Mas como eu sou do contra, sinto um prazer incomensurável nesses dias introspectivos. É sexy colocar uma botinha e uma blusa mais pesada. Frio lá fora é sempre a desculpa ideal para ficar cá dentro, ruminando pensamentos, vendo filmes e comendo chocolates. Até os meninos parecem que entenderam o recado e ficaram comportados no domingo. Duas, três horas brincando de batalha de robôs de lego. Era quase o nirvana. 

Acho engraçada a intolerância do brasileiro para o frio. Porque, afinal, quase não temos inverno “de verdade”. É só fazer um, dois, três dias abaixo dos 20 graus que a galera começa a resmungar com mau humor. Lá no sul, vá lá. Sei que em Curitiba tudo mofa e os cinquenta tons de cinza são o padrão da cidade. Porto Alegre é bem birutinha: dias escaldantes e dias congelantes na mesma estação... 

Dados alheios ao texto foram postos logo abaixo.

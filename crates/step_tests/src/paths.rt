//! Paths worked out by hand from the manual's rules, and a long one against plain code.

ghost use Rattle.fetch_unit.specs.Path.{IsSpot};

use branch_predict::Predictor;
use elf64_load::{Image, load};
use fetch_unit::{FetchUnit, Fetched, laws};
use machine_config::read;
use rsim_base::{Node, Pair, Window};
use sparc_decode::{Op, decode, window_effect};
use sparc_meaning::{instr_at, must_fill, must_spill};
use std::alloc::{AllocError, Global};
use std::process::Abort;
use std::test::Fail;

// The headers of an executable, up to the sizes of its one segment: it may be read and run, has its bytes at 120 of the
// file, and begins at 0x100000, the entry.
const HEADERS: &[u8] =
    b"\x7FELF\x02\x02\x01\0\0\0\0\0\0\0\0\0\0\x02\0\x2B\0\0\0\x01\0\0\0\0\0\x10\0\0\0\0\0\0\0\0\0@\0\0\0\0\0\0\0\0\0\0\0\0\0@\08\0\x01\0\0\0\0\0\0\0\0\0\x01\0\0\0\x05\0\0\0\0\0\0\0x\0\0\0\0\0\x10\0\0\0\0\0\0\0\x10\0\0";

const TEXT: u64 = 0x10_0000;

const STATIC: &[u8] = b"predictor static\nreturn_stack 4\n";

const NOP: u32 = 0x0100_0000;

const SAVE: u32 = 0x9DE3_BF50; // save %sp, -176, %sp

const RESTORE: u32 = 0x81E8_0000;

const FLUSHW: u32 = 0x8158_0000;

const RETL: u32 = 0x81C3_E008; // jmpl %o7 + 8, %g0

const RETURN: u32 = 0x81CF_E008; // return %i7 + 8

const JUMP: u32 = 0x81C0_6000; // jmpl %g1, %g0

#[derive(Drop)]
struct Tested {
    image: Image,
    predictor: Predictor,
    unit: FetchUnit,
    ghost spot: { IsSpot image unit },
}

// What is fetched, with pairs as words behind the beginning of the text.
#[derive(Clone, Copy, PartialEq, Eq)]
struct Seen {
    at: (u64, u64),
    guess: Option<(u64, u64)>,
    micro: Option<u8>,
    window: (u8, u8, u8),
    mark: u64,
}

fn words_of(pair: Pair) -> (u64, u64) {
    (
        pair.pc.wrapping_sub(TEXT) / 4,
        pair.npc.wrapping_sub(TEXT) / 4,
    )
}

fn pair_of(words: (u64, u64)) -> Pair {
    Pair {
        pc: TEXT.wrapping_add(words.0.wrapping_mul(4)),
        npc: TEXT.wrapping_add(words.1.wrapping_mul(4)),
    }
}

fn as_seen(fetched: Fetched) -> Seen {
    Seen {
        at: words_of(fetched.pair),
        guess: fetched.guess.map(words_of),
        micro: fetched.micro,
        window: (
            fetched.window.cwp,
            fetched.window.cansave,
            fetched.window.canrestore,
        ),
        mark: fetched.mark,
    }
}

// A program of these words, and a unit at its first.
fn made(alloc: Global, words: &[u32]) -> Result<Tested, Fail> {
    let size = (words.len() as u64).wrapping_mul(4).to_be_bytes();
    let mut file = Vec::from_slice(alloc, HEADERS)?;
    for part in [size, size, 8u64.to_be_bytes()] {
        file.extend_from_slice(&part)?;
    }
    for word in words {
        file.extend_from_slice(&word.to_be_bytes())?;
    }
    let image = load(alloc, &file)?;
    let config = read(alloc, STATIC)?;
    let predictor = Predictor::make(alloc, &config)?;
    let unit = FetchUnit::make(alloc, &image, &config, Node(0))?;
    Ok(Tested {
        image,
        predictor,
        unit,
    })
}

impl Tested {
    fn fetched(&mut self, rt: &impl Abort) -> Option<Fetched> {
        assert!(rt; self.predictor.mark() < u64::MAX);
        let fetched = self.unit.fetch(&self.image, &mut self.predictor);
        if let Some(fetched) = fetched {
            assert!(rt; fetched.instr == instr_at(&self.image, fetched.pair.pc));
        }
        fetched
    }

    fn fetch(&mut self, rt: &impl Abort) -> Option<Seen> {
        self.fetched(rt).map(as_seen)
    }

    fn redirect(&mut self, rt: &impl Abort, pair: Pair, micro: Option<u8>, window: (u8, u8, u8)) {
        let (cwp, cansave, canrestore) = window;
        assert!(rt; cwp < 8);
        assert!(rt; cansave <= 6 && canrestore == 6 - cansave);
        let window = Window {
            cwp,
            cansave,
            canrestore,
        };
        if let Some(k) = micro {
            assert!(rt; k < 16);
            let effect = window_effect(&instr_at(&self.image, pair.pc));
            assert!(rt; must_spill(effect, window) || must_fill(effect, window));
        }
        self.unit.redirect(pair, micro, window);
    }

    // The steps of a spill or fill at a place, from the first of these on.
    fn check_steps(&mut self, rt: &impl Abort, first: u8, at: (u64, u64), window: (u8, u8, u8)) {
        for k in first..16 {
            let wanted = Seen {
                at,
                guess: Some(at),
                micro: Some(k),
                window,
                mark: self.predictor.mark(),
            };
            assert!(rt; self.fetch(rt) == Some(wanted), "step {k}");
        }
    }

    // An instruction at a place, that leads to another.
    fn check_run(
        &mut self,
        rt: &impl Abort,
        at: (u64, u64),
        guess: Option<(u64, u64)>,
        window: (u8, u8, u8),
    ) {
        let found = self.fetch(rt);
        let wanted = Seen {
            at,
            guess,
            micro: None,
            window,
            mark: self.predictor.mark(),
        };
        assert!(rt; found == Some(wanted));
    }

    // Nothing is fetched, however often it is asked for.
    fn check_none(&mut self, rt: &impl Abort) {
        assert!(rt; self.fetch(rt).is_none());
        assert!(rt; self.fetch(rt).is_none());
    }
}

Sampa também sabe ser geladinha. Quando morei por lá, em 1993, era difícil tomar banho em julho. As janelas antigas do apartamento deixavam passar um silvo agudo do ártico. Tentávamos tampar as frestas com toalhas. Que aflição! 

Mas falando em inverno, recordo agora de um apuro que passei em POA. Trifriaca, bá! Fui a trabalho acompanhando o presidente do STJ. Viagem chique. No hotel, havia calefação, tudo bem. Porém, ao fim das minhas obrigações de assessoramento de imprensa – com direito até a chutar uma bolinha no gramado do gigante Beira-Rio, sede do Internacional, time do então ministro-chefe-mor - consegui trocar a passagem de retorno à Brasília para aproveitar o feriado de Corpus Christi na capital riograndense. 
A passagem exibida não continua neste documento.